“Models make it possible to go beyond observables and imagine a world not yet seen.” So says the National Academies of Sciences, Engineering, and Medicine [formerly the National Research Council (NRC)], noting that modeling in science education should begin in the earliest grades and progress to more abstract representations for students as their learning evolves (NRC 2012, 50, 58). However, with newer standards, there has been a shift in when models are introduced in the lessons.
“Historically, we would start with a model and have students ‘do’ an experiment that we predetermined, and then we would ask students to apply their findings to something real,” O’Donnell explains. “Today, it’s the reverse. You start with the real-world scientific phenomenon or problem, you engage students in sensemaking—the idea of what you notice about the phenomenon or problem and what you wonder—and that drives the need to engage with a model to explain the questions that may have arisen from the students’ observation of the phenomenon or problem.”
By beginning with asking questions and wondering about phenomena or problems that arise from phenomena, science and engineering are put into a broader context, which cognitive psychologists say helps enhance students’ memory of the experience (Godden and Baddeley 1975). “In particular, experiences which involve engaging our perceptions of sight, sound, touch, smell, or taste, coupled with strong and realistic context, stimulate a pattern of neural activity in our brains that help us remember the experiences with greater detail,” O’Donnell says (O’Donnell 2019). In other words, the hands-on, multisensory nature of phenomenon-driven learning and use of modeling can be considered an essential ingredient of the glue that helps learning stick.

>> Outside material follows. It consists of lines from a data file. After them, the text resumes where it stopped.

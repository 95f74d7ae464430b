//! The trait through which the two flavours are made and changed.

ghost use Rattle.std.specs.Prelude.{◌≡◌, ◌≤◌, List, [], None, Ok, Some, length, map, IfOk, IsOk};
ghost use Rattle.std.specs.Prelude.{◌⊎◌, MatchOption, OnErr, OnOk};
ghost use Rattle.std.specs.Iterator.{IsFinite};
ghost use Rattle.std.specs.Iterator.Runs.{WholeRun};
ghost use Rattle.vc_tree_model.specs.Tree.{made, no_tree};
ghost use Rattle.vc_tree_model.specs.Asking.{CanJudge, MayJudge};
ghost use Rattle.vc_tree_model.specs.Combine.{IsCombined, IsInnerAt, IsLeftAt, IsOuterAt};
ghost use Rattle.vc_tree_model.specs.Combine.{IsUnionAt, IsIntersectionAt, IsDifferenceAt};
ghost use Rattle.vc_tree_model.specs.Cover.{IsRemoved, IsRetained};
ghost use Rattle.vc_tree_model.specs.Value.{Copies, IsKept};
ghost use Rattle.vc_tree_model.specs.Map.{HaveEqualMaps, IsEqualMap, IsInserted, lookup};
ghost use Rattle.vc_tree_model.specs.Canonical.{IsCanonical};
ghost use Rattle.vc_tree_model.specs.Matches.{AreCopies};
ghost use Rattle.vc_tree_model.specs.OneTree.{IsOneTree, IsSmallest};
ghost use Rattle.vc_tree_model.specs.Pairs.{last_bound};
ghost use Rattle.vc_tree_model.specs.Same.{IsAlike};
ghost use Rattle.vc_tree_model.specs.Under.{prefixed, under};
ghost use Rattle.vc_tree_removal.specs.Changing.{CanChange, CanWrite, MayWrite, IsChanged};
ghost use Rattle.vc_tree_removal.specs.Without.{AllBegin, IsWithout, IsWithoutBelow};
ghost use Rattle.vc_tree_edits.specs.Editing.{MayLeave, CanLeave, KeptThen, CanMeet, OrStays};
ghost use Rattle.vc_trees.specs.RetainedPairs.{CanTell, IsRetainedAsTold, MayTell};

use crate::radix_tree::reading::AbstractRadixTree;
use crate::radix_tree::retaining::{self, KeyTrees};
use std::alloc::{AllocError, Global};
use vc_tree_combines::combines;
use vc_tree_edits::{appending, combining, prepending};
use vc_tree_nodes::building::Seal;
use vc_tree_nodes::collecting::collect;
use vc_tree_nodes::copying::CloneTree;
use vc_tree_nodes::insertion;
use vc_tree_nodes::plain::RadixTree;
use vc_tree_nodes::reading::{TKey, TValue, canonical};
use vc_tree_nodes::shared::ArcRadixTree;
use vc_tree_removal::{changing, removal, removal_below};
use vc_tree_walks::filtering;
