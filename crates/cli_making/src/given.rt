//! What the words of a command name: an algorithm, a file of sums, and the file of a token.
ghost use Rattle.std.specs.Prelude.{IfErr, IfOk, option_copied};
ghost use Rattle.cli_making.specs.Given.{AreGiven, GivesNot};

use crate::algorithm::{alg_by, named_by};
use cli_failures::{Failure, files};
use digests::Alg;
use std::rt::Files;

/// The algorithm, and what the files hold.
#[derive(Drop)]
pub struct Given {
    /// The algorithm.
    pub alg: Alg,
    /// The text of sums.
    pub text: Vec<u8>,
    /// The token.
    pub token: Vec<u8>,
}

/// The algorithm of this name, and the octets of the files of these paths. Without a name the algorithm is that of the
/// token's imprint; or SHA-256, if that is none that is known, or line 1 of the sums is none by it. Both files are read
/// before one is judged.
///
/// Errors: no algorithm has the name; a file can't be read.
pub fn given_by<'a, R: Files + AllocGlobal>(
    rt: &R,
    name: Option<&str>,
    sums: &'a str,
    token: &'a str,
) -> Result<Given, Failure<'a>>
    // They are what the words name.
    ensures found { IfOk result (λ g. AreGiven R.File.remaining (option_copied name.entry) g.alg g.text.items
        g.token.items) }
    // The first reason is told.
    ensures refused { IfErr result (GivesNot R.File.remaining (option_copied name.entry) sums.entry token.entry
        (λ _ _ _ _. ⊥)) }
{
    let named = named_by(name)?;
    let text = files::read_whole(rt, sums)?;
    let token = files::read_whole(rt, token)?;
    let alg = alg_by(rt.alloc(), named, text.as_slice(), token.as_slice());
    Ok(Given { alg, text, token })
}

In A Framework for K–12 Science Education, the focus is on conceptual models—explicit representations that “allow scientists and engineers to better visualize and understand a phenomenon under investigation or develop a possible solution to a design problem” (NRC 2012, 56). These include diagrams, physical replicas, mathematical representations, analogies, and computer simulations. Developing conceptual models engages students as they’re motivated to figure out why something happens.
- Through observations, testing, and refining, they use scientific models to explain phenomena and predict what may happen.
- To incorporate engineering practices, they create and use models to test solutions.
Throughout the process, students continue to deepen understanding as they mimic how scientists and engineers develop explanations, make predictions, and solve problems.